Top of INFORMATION GIVEN

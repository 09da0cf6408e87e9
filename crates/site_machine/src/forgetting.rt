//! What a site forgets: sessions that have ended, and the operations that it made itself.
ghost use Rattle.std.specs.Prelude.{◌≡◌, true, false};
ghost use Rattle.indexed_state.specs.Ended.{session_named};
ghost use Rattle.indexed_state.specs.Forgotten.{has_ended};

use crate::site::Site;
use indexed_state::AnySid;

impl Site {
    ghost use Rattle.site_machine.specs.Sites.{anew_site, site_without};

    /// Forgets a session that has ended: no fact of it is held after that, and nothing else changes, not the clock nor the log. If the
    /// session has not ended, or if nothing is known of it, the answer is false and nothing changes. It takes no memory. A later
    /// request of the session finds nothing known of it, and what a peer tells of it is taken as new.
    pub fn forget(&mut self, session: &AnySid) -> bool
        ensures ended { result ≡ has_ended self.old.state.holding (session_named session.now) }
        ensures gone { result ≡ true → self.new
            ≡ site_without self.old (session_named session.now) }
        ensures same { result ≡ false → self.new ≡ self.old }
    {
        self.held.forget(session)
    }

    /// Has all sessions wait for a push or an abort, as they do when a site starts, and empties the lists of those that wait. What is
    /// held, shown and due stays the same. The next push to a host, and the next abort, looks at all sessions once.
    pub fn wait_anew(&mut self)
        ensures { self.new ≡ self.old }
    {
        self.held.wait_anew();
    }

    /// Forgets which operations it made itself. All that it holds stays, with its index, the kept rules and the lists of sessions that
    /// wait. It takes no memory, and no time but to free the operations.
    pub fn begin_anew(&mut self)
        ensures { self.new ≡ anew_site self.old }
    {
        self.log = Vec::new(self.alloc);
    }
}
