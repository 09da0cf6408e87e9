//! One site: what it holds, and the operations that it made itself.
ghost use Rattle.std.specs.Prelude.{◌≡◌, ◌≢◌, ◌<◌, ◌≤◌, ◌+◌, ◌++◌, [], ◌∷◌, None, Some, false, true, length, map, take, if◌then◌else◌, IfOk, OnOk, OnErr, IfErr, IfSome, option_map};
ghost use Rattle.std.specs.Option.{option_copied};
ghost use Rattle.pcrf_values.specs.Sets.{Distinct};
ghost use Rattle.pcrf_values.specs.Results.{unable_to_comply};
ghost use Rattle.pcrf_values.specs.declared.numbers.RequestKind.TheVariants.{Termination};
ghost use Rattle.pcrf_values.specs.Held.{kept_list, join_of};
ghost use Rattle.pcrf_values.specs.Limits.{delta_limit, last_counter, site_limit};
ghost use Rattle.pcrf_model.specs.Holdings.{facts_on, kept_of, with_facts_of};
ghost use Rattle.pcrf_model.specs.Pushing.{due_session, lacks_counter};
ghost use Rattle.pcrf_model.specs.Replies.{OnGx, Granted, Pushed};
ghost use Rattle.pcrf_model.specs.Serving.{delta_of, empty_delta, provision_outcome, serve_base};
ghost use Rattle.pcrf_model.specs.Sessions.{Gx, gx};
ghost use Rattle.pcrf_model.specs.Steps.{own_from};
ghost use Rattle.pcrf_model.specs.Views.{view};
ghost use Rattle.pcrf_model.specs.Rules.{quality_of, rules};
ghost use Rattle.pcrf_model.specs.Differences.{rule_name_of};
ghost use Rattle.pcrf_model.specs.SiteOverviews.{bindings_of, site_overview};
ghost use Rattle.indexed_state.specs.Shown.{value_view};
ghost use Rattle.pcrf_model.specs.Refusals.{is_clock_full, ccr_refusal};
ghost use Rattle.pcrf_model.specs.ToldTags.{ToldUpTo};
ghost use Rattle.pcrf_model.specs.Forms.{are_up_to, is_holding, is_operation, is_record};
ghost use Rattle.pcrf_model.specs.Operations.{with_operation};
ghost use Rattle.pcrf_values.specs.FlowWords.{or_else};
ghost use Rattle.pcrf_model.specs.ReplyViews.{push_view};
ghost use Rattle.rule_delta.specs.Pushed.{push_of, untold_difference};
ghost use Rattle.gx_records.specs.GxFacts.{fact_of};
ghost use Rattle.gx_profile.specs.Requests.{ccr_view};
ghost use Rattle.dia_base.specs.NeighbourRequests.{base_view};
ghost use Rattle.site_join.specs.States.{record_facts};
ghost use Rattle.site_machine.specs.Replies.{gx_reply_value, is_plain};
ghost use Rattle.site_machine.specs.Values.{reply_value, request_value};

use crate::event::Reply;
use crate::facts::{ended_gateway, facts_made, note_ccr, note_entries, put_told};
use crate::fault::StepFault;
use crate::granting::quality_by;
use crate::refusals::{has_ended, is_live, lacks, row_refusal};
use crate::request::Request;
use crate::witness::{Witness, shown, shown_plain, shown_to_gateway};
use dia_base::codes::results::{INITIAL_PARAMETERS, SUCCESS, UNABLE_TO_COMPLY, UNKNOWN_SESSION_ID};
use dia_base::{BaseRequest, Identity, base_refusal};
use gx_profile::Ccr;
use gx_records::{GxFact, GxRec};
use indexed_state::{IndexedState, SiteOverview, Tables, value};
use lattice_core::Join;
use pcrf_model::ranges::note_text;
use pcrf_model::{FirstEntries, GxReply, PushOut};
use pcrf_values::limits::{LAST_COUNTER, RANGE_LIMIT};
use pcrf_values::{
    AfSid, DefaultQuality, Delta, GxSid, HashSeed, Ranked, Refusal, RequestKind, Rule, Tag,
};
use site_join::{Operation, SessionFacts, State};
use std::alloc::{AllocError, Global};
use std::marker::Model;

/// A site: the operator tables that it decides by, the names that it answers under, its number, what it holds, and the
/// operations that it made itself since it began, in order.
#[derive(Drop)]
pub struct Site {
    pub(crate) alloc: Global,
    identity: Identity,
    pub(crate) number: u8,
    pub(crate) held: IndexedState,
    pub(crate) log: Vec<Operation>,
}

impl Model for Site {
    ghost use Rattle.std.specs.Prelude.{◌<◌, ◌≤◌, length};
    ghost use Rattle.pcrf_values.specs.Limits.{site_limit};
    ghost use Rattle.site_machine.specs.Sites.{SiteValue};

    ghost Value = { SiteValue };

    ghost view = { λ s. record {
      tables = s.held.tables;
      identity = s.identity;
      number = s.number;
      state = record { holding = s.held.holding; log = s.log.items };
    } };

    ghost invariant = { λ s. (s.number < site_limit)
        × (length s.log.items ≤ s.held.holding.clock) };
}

Bottom of INFORMATION GIVEN
Top of INFORMATION GIVEN

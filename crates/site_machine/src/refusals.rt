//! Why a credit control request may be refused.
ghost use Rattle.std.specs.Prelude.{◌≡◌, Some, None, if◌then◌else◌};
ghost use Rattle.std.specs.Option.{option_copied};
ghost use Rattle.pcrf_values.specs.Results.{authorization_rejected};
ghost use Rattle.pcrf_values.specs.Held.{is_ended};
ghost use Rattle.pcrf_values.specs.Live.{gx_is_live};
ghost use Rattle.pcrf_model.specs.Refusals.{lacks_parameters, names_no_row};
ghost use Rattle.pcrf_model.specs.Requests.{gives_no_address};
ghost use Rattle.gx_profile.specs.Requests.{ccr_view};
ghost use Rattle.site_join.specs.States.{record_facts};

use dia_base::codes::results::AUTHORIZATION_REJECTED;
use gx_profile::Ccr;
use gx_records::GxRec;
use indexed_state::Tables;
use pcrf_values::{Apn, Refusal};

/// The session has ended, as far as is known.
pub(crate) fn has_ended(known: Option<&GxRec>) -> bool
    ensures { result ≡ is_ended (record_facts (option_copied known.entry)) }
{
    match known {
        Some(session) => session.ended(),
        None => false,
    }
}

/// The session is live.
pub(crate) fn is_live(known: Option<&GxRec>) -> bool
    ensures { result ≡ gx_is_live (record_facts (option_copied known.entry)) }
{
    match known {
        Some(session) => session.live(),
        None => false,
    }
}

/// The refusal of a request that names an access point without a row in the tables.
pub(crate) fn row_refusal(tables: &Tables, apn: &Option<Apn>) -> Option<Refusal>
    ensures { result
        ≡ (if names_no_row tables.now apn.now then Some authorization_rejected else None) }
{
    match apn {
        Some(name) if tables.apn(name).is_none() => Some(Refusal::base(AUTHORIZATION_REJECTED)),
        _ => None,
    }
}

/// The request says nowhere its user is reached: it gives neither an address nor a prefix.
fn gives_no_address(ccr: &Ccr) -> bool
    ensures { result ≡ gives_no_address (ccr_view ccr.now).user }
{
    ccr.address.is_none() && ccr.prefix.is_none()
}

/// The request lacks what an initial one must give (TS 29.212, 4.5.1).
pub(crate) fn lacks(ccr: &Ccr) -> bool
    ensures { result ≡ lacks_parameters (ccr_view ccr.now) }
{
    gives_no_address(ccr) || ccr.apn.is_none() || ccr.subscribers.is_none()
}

Bottom of INFORMATION GIVEN

■ TASK REQUIREMENTS: Which lines of the material contain "rules"? List them.

■ TASK SOLUTION:
    /// Forgets which operations it made itself. All that it holds stays, with its index, the kept rules and the lists of sessions that
ghost use Rattle.pcrf_model.specs.Rules.{quality_of, rules};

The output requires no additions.